AIM OF THE EXERCISE: Only lines holding the word "right" are wanted from the records; copy all of them.

INPUT:

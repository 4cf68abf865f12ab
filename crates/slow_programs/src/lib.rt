//! The definitions of the model as plain programs over a list of operations: slow, but exactly what
//! they say.
//!
//! Tests compare the fast programs with them, and who doubts a definition can run it.
#![tactic(auto)]

mod edit_error;
mod editing;
mod formatting;
mod limits;
mod numbering;
mod order;
mod placing;
mod reading;
mod rising;
mod spanning;

pub use edit_error::EditError;
pub use editing::{is_inside, made};
pub use formatting::{markings, marks_of};
pub use numbering::{clock_of, greatest_counter};
pub use order::{characters, walk};
pub use placing::last_end;
pub use reading::{is_removed, rev, text, visible};
pub use spanning::spans;
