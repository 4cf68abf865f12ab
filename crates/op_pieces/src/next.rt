//! Whether an operation is typed right behind another one.
ghost use Rattle.std.specs.Prelude.{◌≡◌};
ghost use Rattle.op_model.specs.Causality.{is_insert as is_insert_of};
ghost use Rattle.op_pieces.specs.Cutting.{is_behind as is_behind_of, is_next as is_next_of, is_same_token as is_same_token_of};
ghost use Rattle.op_pieces.specs.Cutting.{value_of as value_of_body};

use crate::clocks::is_one_more;
use op_ids::{OpId, Token};
use op_model::{Body, Op};

/// Whether an operation is typed right behind the last one, which is an insert: the same replica,
/// document and token, one more counter, and what it depends on is one operation more. A few steps
/// for clocks; takes no memory.
pub fn is_next(last: &Op, op: &Op) -> bool
    ensures { result ≡ is_next_of last.now op.now }
{
    is_insert(&last.body)
        && is_behind(last.id, &op.body)
        && op.id.counter() == last.id.counter() + 1
        && op.id.replica() == last.id.replica()
        && op.doc == last.doc
        && is_same_token(op.token, last.token)
        && is_one_more(&op.deps, &last.deps, last.id.replica())
}

/// The character that is inserted, or NUL.
pub fn value_of(body: &Body) -> char
    ensures { result ≡ value_of_body body.now }
{
    match body {
        Body::Insert { value, .. } => *value,
        _ => '\0',
    }
}

fn is_insert(body: &Body) -> bool
    ensures { result ≡ is_insert_of body.now }
{
    match body {
        Body::Insert { .. } => true,
        _ => false,
    }
}

fn is_behind(id: OpId, body: &Body) -> bool
    ensures { result ≡ is_behind_of id body.now }
{
    match body {
        Body::Insert {
            origin: Some(origin),
            ..
        } => origin.is_same(id),
        _ => false,
    }
}

fn is_same_token(a: Option<Token>, b: Option<Token>) -> bool
    ensures { result ≡ is_same_token_of a b }
{
    match (a, b) {
        (None, None) => true,
        (Some(a), Some(b)) => a == b,
        _ => false,
    }
}
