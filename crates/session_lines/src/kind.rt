//! The names of the kinds of marks.
ghost use Rattle.std.specs.Prelude.{◌≡◌};
ghost use Rattle.session_lines.specs.Fields.{kind_named};

/// What kind of mark a request is about.
#[derive(Clone, Copy, Drop)]
pub enum Kind {
    Strong,
    Em,
    Link,
    Comment,
}

impl Kind {
    /// The kind with this name, if there is one.
    pub(crate) fn named(name: &str) -> Option<Kind>
        ensures { result ≡ kind_named name.now }
    {
        match name {
            "strong" => Some(Kind::Strong),
            "em" => Some(Kind::Em),
            "link" => Some(Kind::Link),
            "comment" => Some(Kind::Comment),
            _ => None,
        }
    }
}
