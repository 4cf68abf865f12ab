//! Where an edit's characters and ends stand.
ghost use Rattle.std.specs.Prelude.{◌≡◌, ◌≤◌, ◌<◌, length, drop, Option, filter};
ghost use Rattle.op_model.specs.Text.{is_removed as is_removed_in};
ghost use Rattle.op_model.specs.Made.{first_hidden, behind_visible, is_end_after, is_marking_up_to};
ghost use Rattle.op_model.specs.Made.{ends_after as ends_after_in, id_at as id_at_in};
ghost use Rattle.op_model.specs.Made.{id_before as id_before_in, last_or};

use crate::reading::is_removed;
use op_ids::OpId;
use op_model::{Anchor, Body, Character, End, Op};

/// Whether some mark operation of the document ends just after this character.
pub(crate) fn ends_after(ops: &[Op], doc: u32, id: &OpId) -> bool
    ensures { result ≡ ends_after_in ops.now doc id.now }
{
    ops.iter()
        .any(|op| op.doc == doc && marks_up_to(&op.body, id))
}

fn marks_up_to(body: &Body, id: &OpId) -> bool
    ensures { result ≡ is_marking_up_to id.now body.now }
{
    match body {
        Body::AddMark { end, .. } => is_just_after(end, id),
        Body::RemoveMark { end, .. } => is_just_after(end, id),
        _ => false,
    }
}

fn is_just_after(end: &End, id: &OpId) -> bool
    ensures { result ≡ is_end_after id.now end.now }
{
    match end {
        End::To(Anchor::After(other)) => other.is_same(*id),
        _ => false,
    }
}

/// The id of the character at an index.
pub(crate) fn id_at(characters: &[Character], index: usize) -> Option<OpId>
    ensures { result ≡ id_at_in characters.now index }
{
    match characters.get(index) {
        Some(character) => Some(character.id),
        None => None,
    }
}

/// The id of the last of the first `count` characters.
pub(crate) fn id_before(characters: &[Character], count: usize) -> Option<OpId>
    ensures { result ≡ id_before_in characters.now count }
{
    if count == 0 {
        return None;
    }
    id_at(characters, count - 1)
}

/// How many characters are up to and with `count` visible ones: what stands behind them begins
/// there.
pub(crate) fn behind(ops: &[Op], doc: u32, walked: &[Character], count: usize) -> usize
    ensures within { result ≤ length walked.now }
    ensures rest { drop result walked.now
        ≡ behind_visible (is_removed_in ops.now doc) count walked.now }
{
    let mut left = count;
    for (i, character) in walked.iter().enumerate() {
        if left == 0 {
            return i;
        }
        if !is_removed(ops, doc, character) {
            left -= 1;
        }
    }
    walked.len()
}

/// Of the tombstones that these characters begin with the last one that some mark ends after, or
/// else this character.
pub fn last_end(ops: &[Op], doc: u32, before: Option<OpId>, rest: &[Character]) -> Option<OpId>
    ensures { result ≡ last_or before
        (filter (λ c. ends_after_in ops.now doc c.id)
        (first_hidden (is_removed_in ops.now doc) rest.now)) }
{
    let mut last = before;
    for character in rest {
        if !is_removed(ops, doc, character) {
            return last;
        }
        if ends_after(ops, doc, &character.id) {
            last = Some(character.id);
        }
    }
    last
}
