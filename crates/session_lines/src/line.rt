//! A line becomes a command.
ghost use Rattle.std.specs.Prelude.{◌≡◌, ◌≢◌, IfOk, IfErr, Ok, Err};
ghost use Rattle.serde_json.specs.View.{view};
ghost use Rattle.session_lines.specs.declared.refusal.Refusal.TheVariants.{Memory};
ghost use Rattle.session_lines.specs.Requests.{reading, or_syntax, answer_to};

use crate::command::Command;
use crate::refusal::Refusal;
use crate::request::request;
use serde_json::Value;
use std::alloc::Global;

/// What a line without its line feed asks for. `Syntax` (2) where the line isn't read as JSON in
/// UTF-8, `Request` (3) where it is no object with the name of a request as its `op`,
/// `Field` (4) where a field is missing, unknown or breaks its rule; the first of these is given.
/// `Memory` (1) where a growth was refused. The time is that of reading the line.
pub fn read_command(alloc: Global, line: &[u8]) -> Result<Command, Refusal>
    ensures ok { IfOk result (λ command. answer_to line.now ≡ Ok command) }
    ensures err { IfErr result (λ refusal. refusal ≢ Memory → answer_to line.now ≡ Err refusal) }
{
    let value = read(alloc, line)?;
    request(alloc, &value)
}

/// The JSON value that a line is.
pub(crate) fn read(alloc: Global, line: &[u8]) -> Result<Value, Refusal>
    ensures ok { IfOk result (λ value. or_syntax (reading line.now) ≡ Ok (view value)) }
    ensures err { IfErr result (λ refusal. refusal ≢ Memory
        → or_syntax (reading line.now) ≡ Err refusal) }
{
    match Value::from_slice(alloc, line) {
        Ok(value) => Ok(value),
        Err(error) if error.is_memory() => Err(Refusal::Memory),
        Err(_) => Err(Refusal::Syntax),
    }
}
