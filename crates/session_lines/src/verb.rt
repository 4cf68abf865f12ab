//! The names of the requests.
ghost use Rattle.std.specs.Prelude.{◌≡◌};
ghost use Rattle.session_lines.specs.Fields.{verb_named};

/// What kind of request a line is.
#[derive(Clone, Copy, Drop)]
pub enum Verb {
    Insert,
    Delete,
    Mark,
    Unmark,
    Edits,
    Text,
    Spans,
    Versions,
    Changes,
    Anchors,
    Places,
    Find,
    Export,
    Status,
    Peers,
    Documents,
    Room,
    Stop,
}

impl Verb {
    /// The kind of request with this name, if there is one.
    pub(crate) fn named(name: &str) -> Option<Verb>
        ensures { result ≡ verb_named name.now }
    {
        match name {
            "insert" => Some(Verb::Insert),
            "delete" => Some(Verb::Delete),
            "mark" => Some(Verb::Mark),
            "unmark" => Some(Verb::Unmark),
            "edits" => Some(Verb::Edits),
            "text" => Some(Verb::Text),
            "spans" => Some(Verb::Spans),
            "versions" => Some(Verb::Versions),
            "changes" => Some(Verb::Changes),
            "anchors" => Some(Verb::Anchors),
            "places" => Some(Verb::Places),
            "find" => Some(Verb::Find),
            "export" => Some(Verb::Export),
            "status" => Some(Verb::Status),
            "peers" => Some(Verb::Peers),
            "documents" => Some(Verb::Documents),
            "room" => Some(Verb::Room),
            "stop" => Some(Verb::Stop),
            _ => None,
        }
    }
}
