//! Why an edit makes nothing.
ghost use Rattle.std.specs.Prelude.{◌≡◌};

use fixed_numbers::refusals::{LIMIT, MEMORY, RANGE, STALE};
use op_ids::ClockError;
use std::alloc::AllocError;
use thiserror::Error;

/// Why an edit makes nothing.
#[derive(Clone, Copy, Debug, Drop, PartialEq, Eq, Error)]
pub enum EditError {
    /// 1: a growth was refused.
    #[error("memory")]
    Memory,
    /// 6: the document doesn't have the number of operations that was asked for.
    #[error("stale")]
    Stale,
    /// 5: an index outside the visible text.
    #[error("range")]
    Range,
    /// 7: more than 256 characters, or a limit of the store would be passed.
    #[error("limit")]
    Limit,
}

impl EditError {
    ghost use Rattle.std.specs.Prelude.{◌≡◌};
    ghost use Rattle.slow_programs.specs.EditError.{number_of};

    /// The number of the refusal.
    pub fn number(self) -> u8
        ensures { result ≡ number_of self }
    {
        match self {
            EditError::Memory => MEMORY,
            EditError::Stale => STALE,
            EditError::Range => RANGE,
            EditError::Limit => LIMIT,
        }
    }
}

impl From<AllocError> for EditError {
    ghost use Rattle.std.specs.Prelude.{◌≡◌};
    ghost use Rattle.slow_programs.specs.declared.edit_error.EditError.TheVariants.{Memory};

    ghost from_gives = { λ _ result. result ≡ Memory };

    fn from(_: AllocError) -> EditError {
        EditError::Memory
    }
}

impl From<ClockError> for EditError {
    ghost use Rattle.std.specs.Prelude.{◌≡◌};
    ghost use Rattle.slow_programs.specs.EditError.{of_clock};

    ghost from_gives = { λ error result. result ≡ of_clock error };

    fn from(error: ClockError) -> EditError {
        match error {
            ClockError::Memory => EditError::Memory,
            ClockError::Limit => EditError::Limit,
        }
    }
}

RESULT OF THIS EXERCISE:
//! Whether an operation is typed right behind another one.
/// Whether an operation is typed right behind the last one, which is an insert: the same replica,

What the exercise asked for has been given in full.